▶ Exercise objective: Whenever a line contains "civil", include it in the count; reply with the number of such lines in the data and nothing else.

*** Records provided Section Begins ***

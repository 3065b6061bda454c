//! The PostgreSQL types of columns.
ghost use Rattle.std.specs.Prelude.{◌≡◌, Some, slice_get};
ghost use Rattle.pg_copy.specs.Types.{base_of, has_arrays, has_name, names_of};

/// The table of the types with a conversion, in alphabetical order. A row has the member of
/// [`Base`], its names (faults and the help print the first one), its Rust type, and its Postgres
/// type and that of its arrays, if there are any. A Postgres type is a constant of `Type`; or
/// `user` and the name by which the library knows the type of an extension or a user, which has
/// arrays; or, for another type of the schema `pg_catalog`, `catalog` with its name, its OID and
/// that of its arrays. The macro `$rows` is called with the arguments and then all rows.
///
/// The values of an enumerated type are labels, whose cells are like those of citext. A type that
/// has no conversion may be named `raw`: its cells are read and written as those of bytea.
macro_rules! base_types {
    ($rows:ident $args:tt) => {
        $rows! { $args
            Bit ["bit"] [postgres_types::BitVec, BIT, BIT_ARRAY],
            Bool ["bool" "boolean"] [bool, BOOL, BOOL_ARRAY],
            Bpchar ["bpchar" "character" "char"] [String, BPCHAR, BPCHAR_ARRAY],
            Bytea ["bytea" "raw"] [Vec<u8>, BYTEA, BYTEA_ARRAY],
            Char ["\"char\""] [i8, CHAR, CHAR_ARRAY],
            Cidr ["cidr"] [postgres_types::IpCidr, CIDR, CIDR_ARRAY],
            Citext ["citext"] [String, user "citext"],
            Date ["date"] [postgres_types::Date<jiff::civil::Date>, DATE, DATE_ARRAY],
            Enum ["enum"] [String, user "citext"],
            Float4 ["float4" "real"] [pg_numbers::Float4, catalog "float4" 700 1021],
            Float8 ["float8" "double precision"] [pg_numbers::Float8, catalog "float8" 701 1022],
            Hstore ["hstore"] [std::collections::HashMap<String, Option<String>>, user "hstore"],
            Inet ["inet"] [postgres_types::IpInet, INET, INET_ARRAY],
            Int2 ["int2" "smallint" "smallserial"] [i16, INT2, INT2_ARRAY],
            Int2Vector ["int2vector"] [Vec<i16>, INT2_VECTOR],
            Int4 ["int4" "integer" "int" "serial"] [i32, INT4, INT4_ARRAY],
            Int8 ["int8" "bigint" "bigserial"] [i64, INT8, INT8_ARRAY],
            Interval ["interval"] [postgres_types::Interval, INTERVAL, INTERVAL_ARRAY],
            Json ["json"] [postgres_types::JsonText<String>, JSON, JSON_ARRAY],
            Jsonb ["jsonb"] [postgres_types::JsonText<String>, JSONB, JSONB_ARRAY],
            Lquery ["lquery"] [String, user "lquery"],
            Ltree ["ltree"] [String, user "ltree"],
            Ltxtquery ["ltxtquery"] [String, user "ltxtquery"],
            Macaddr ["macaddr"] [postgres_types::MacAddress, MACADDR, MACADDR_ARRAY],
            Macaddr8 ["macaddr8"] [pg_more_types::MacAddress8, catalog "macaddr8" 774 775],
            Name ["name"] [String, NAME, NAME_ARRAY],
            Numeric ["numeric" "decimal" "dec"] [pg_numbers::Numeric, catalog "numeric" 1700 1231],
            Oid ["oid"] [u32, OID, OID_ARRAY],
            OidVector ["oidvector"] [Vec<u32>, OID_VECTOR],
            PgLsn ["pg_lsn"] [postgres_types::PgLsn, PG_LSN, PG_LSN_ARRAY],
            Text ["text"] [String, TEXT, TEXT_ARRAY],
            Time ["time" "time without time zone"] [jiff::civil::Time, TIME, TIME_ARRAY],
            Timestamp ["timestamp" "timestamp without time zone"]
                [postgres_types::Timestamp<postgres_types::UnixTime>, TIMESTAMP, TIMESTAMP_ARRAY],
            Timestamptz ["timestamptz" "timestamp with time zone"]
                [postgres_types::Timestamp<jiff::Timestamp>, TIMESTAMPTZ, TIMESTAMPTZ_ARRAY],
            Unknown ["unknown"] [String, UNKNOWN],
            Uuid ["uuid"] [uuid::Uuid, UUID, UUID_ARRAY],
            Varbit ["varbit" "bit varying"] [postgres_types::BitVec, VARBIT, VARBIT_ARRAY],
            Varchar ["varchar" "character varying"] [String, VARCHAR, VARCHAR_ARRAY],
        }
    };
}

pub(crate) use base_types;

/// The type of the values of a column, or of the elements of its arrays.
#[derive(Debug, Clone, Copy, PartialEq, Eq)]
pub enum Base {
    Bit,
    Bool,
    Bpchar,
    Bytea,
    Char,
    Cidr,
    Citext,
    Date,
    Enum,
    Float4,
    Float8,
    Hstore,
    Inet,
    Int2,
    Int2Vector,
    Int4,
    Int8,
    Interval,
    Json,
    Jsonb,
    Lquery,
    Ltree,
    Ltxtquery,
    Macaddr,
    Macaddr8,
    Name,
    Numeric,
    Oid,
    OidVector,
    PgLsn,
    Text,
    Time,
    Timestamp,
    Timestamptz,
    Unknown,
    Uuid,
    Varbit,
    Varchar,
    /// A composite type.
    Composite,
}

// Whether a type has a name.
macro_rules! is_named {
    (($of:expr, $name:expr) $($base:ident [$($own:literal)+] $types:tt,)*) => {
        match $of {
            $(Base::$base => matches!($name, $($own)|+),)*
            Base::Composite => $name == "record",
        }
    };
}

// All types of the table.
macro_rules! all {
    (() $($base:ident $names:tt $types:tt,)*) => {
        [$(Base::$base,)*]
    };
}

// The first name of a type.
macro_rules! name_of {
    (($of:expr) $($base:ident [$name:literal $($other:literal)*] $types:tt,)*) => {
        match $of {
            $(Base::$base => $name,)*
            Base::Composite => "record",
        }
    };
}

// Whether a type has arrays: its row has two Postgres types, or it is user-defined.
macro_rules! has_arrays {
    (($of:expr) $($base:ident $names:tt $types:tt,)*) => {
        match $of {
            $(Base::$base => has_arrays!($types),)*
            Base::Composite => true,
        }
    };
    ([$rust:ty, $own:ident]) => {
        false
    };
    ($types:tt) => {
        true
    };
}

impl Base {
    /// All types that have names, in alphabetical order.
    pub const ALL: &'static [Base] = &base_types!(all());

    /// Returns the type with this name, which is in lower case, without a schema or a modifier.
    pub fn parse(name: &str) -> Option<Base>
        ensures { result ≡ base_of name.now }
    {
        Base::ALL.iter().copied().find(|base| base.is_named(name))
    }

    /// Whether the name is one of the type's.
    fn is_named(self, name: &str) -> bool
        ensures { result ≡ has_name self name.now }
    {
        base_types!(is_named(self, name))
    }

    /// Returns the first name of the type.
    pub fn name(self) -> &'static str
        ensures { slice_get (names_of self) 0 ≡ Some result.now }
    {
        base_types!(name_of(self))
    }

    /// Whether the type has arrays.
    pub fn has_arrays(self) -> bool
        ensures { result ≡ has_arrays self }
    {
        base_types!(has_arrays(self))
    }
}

*** Records provided Section Ends ***
*** Records provided Section Begins ***

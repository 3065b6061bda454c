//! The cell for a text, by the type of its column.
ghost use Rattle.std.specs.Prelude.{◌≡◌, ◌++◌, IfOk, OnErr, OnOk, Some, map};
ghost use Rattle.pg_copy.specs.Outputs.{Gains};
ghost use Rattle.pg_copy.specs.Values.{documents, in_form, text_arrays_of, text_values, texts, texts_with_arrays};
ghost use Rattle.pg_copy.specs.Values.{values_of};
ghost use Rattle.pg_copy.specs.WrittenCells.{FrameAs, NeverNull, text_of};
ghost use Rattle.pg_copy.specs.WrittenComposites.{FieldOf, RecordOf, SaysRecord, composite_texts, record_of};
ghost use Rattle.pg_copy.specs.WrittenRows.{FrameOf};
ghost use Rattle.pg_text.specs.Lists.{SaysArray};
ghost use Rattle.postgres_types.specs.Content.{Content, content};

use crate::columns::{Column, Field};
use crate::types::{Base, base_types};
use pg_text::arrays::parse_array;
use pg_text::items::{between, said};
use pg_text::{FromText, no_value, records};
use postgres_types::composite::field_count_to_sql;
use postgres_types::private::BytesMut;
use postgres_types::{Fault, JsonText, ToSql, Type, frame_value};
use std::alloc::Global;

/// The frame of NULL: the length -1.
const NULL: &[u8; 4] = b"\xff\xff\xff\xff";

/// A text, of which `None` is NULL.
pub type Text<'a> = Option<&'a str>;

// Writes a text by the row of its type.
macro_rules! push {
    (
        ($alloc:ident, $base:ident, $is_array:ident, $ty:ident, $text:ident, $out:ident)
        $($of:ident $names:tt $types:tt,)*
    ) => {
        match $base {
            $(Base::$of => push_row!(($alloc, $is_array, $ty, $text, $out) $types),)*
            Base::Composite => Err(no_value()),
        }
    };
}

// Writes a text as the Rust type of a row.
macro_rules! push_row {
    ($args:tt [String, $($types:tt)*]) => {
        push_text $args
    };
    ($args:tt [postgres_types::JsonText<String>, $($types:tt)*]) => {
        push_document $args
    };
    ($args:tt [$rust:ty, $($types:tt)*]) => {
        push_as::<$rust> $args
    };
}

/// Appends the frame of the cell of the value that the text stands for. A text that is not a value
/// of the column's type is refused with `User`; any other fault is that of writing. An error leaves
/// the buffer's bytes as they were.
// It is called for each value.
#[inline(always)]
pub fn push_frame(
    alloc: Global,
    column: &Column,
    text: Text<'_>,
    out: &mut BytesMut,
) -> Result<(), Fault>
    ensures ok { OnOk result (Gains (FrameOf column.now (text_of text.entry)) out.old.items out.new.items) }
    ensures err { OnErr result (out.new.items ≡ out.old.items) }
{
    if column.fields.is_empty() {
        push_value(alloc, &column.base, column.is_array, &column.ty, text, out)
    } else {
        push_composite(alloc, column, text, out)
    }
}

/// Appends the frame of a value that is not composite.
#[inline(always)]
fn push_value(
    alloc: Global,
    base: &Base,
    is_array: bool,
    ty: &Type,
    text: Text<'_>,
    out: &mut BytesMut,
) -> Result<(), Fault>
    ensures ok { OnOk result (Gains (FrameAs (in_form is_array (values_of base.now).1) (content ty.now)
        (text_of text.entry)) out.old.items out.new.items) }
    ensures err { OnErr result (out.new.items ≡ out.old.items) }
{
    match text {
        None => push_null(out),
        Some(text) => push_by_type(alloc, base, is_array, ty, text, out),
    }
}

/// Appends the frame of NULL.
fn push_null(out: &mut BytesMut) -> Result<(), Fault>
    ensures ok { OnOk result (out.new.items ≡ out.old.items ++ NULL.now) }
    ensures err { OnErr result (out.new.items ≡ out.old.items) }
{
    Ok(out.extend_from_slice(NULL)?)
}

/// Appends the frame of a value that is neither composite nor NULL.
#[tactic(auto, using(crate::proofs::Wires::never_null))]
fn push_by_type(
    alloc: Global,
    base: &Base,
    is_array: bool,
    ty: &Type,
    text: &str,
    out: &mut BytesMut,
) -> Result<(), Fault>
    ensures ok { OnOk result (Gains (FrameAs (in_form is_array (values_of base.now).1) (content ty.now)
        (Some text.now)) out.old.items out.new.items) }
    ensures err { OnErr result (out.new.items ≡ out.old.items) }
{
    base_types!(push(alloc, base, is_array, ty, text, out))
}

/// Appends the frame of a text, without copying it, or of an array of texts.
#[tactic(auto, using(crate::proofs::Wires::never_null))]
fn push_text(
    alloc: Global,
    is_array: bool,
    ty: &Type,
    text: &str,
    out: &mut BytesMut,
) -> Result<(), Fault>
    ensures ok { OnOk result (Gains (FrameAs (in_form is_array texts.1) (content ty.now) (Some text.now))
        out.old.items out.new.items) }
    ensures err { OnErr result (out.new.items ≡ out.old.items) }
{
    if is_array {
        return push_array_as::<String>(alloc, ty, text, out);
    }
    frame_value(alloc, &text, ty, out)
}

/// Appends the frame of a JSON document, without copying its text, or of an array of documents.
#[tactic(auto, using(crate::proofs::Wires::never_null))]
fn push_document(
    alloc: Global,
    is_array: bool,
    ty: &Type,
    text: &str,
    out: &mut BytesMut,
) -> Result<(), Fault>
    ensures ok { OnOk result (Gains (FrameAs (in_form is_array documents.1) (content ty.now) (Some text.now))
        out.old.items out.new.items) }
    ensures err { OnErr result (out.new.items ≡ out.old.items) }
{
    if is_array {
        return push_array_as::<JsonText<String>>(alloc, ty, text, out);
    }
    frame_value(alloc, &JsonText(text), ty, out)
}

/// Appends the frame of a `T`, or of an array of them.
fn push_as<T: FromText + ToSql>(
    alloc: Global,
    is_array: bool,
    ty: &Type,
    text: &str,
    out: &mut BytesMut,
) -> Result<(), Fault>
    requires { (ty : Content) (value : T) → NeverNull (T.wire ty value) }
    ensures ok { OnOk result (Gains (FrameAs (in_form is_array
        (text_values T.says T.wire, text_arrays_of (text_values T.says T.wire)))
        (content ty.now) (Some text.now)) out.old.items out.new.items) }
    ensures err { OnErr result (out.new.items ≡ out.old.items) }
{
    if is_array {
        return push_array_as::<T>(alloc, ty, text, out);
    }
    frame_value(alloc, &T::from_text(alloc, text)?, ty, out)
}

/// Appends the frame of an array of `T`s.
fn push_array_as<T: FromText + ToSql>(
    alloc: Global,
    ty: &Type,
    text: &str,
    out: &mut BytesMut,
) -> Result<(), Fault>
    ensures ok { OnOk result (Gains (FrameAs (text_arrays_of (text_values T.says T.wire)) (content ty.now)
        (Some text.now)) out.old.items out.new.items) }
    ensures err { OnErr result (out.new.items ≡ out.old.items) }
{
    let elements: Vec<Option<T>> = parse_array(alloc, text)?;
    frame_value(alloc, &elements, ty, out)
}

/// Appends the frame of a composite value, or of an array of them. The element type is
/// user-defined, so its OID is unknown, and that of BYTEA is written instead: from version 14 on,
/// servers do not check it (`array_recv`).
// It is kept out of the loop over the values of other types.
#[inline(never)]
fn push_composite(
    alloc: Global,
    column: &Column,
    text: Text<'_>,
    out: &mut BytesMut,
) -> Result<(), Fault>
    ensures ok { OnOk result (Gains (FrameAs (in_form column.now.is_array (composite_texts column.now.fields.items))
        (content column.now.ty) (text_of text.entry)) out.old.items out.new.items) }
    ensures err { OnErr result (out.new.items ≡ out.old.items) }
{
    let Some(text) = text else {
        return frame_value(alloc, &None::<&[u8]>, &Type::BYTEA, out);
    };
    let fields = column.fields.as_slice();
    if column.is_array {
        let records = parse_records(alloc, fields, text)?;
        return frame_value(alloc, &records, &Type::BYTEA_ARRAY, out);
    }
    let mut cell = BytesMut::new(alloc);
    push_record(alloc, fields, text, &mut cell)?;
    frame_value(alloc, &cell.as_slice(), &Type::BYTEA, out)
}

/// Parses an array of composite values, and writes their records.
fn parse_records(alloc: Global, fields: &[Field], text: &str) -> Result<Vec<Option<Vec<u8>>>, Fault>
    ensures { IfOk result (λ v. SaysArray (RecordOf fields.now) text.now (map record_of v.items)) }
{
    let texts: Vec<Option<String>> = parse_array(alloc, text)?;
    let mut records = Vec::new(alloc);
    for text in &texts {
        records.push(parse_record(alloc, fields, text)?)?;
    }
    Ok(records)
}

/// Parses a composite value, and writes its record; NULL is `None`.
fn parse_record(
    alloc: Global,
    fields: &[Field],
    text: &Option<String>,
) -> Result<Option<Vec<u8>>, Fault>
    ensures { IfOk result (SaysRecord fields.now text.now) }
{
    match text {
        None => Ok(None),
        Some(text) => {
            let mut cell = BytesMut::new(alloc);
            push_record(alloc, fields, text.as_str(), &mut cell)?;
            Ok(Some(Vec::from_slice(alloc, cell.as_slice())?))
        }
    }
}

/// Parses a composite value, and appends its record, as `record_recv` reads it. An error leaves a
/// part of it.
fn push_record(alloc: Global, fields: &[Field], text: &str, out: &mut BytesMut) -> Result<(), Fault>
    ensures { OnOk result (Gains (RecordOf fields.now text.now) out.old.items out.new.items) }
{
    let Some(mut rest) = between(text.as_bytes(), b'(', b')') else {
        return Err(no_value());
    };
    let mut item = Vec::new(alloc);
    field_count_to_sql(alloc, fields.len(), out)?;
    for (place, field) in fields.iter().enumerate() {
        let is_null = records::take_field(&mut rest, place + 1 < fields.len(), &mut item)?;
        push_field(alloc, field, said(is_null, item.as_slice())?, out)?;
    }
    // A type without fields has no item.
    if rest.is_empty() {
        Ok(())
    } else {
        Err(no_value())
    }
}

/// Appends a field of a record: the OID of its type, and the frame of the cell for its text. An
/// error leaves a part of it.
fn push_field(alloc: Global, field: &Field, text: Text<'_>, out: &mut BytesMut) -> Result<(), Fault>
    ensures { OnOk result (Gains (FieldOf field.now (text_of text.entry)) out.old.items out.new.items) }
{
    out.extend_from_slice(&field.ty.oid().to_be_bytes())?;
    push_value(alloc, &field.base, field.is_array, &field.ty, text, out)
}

*** Records provided Section Ends ***
*** Records provided Section Begins ***

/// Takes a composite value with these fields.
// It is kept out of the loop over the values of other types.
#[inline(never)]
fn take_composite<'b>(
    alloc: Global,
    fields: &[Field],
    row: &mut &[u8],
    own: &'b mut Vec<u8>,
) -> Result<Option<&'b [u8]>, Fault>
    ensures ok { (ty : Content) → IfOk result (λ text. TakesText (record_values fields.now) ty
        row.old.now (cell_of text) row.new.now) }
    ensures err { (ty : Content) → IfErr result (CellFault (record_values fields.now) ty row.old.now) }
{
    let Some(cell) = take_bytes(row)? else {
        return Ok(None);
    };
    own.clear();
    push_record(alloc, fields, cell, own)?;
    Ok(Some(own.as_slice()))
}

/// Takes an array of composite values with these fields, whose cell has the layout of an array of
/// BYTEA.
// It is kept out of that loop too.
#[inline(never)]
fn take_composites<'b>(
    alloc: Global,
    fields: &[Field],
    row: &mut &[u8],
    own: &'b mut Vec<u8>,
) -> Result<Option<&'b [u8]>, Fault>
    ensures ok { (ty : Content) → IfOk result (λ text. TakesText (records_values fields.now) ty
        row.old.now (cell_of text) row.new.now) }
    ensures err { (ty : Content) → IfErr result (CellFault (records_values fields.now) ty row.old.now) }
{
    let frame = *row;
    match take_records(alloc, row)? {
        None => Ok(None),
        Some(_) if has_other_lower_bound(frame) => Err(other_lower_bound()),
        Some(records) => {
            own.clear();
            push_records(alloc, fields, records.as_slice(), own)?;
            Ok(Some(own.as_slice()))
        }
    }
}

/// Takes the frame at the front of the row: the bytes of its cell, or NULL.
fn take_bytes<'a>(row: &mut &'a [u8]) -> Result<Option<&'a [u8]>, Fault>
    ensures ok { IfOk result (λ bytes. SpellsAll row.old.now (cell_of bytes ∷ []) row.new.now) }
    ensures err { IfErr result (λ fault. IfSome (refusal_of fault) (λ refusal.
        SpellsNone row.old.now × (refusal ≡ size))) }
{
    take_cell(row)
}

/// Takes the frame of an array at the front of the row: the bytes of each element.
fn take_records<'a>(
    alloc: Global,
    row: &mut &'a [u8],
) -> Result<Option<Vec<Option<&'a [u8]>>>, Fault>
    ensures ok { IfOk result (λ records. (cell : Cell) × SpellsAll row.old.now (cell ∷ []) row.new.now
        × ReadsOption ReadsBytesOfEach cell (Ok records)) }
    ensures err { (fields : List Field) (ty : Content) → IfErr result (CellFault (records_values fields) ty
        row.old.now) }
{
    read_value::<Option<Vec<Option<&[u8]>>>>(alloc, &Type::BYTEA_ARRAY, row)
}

*** Records provided Section Ends ***

▶ Exercise answer: 2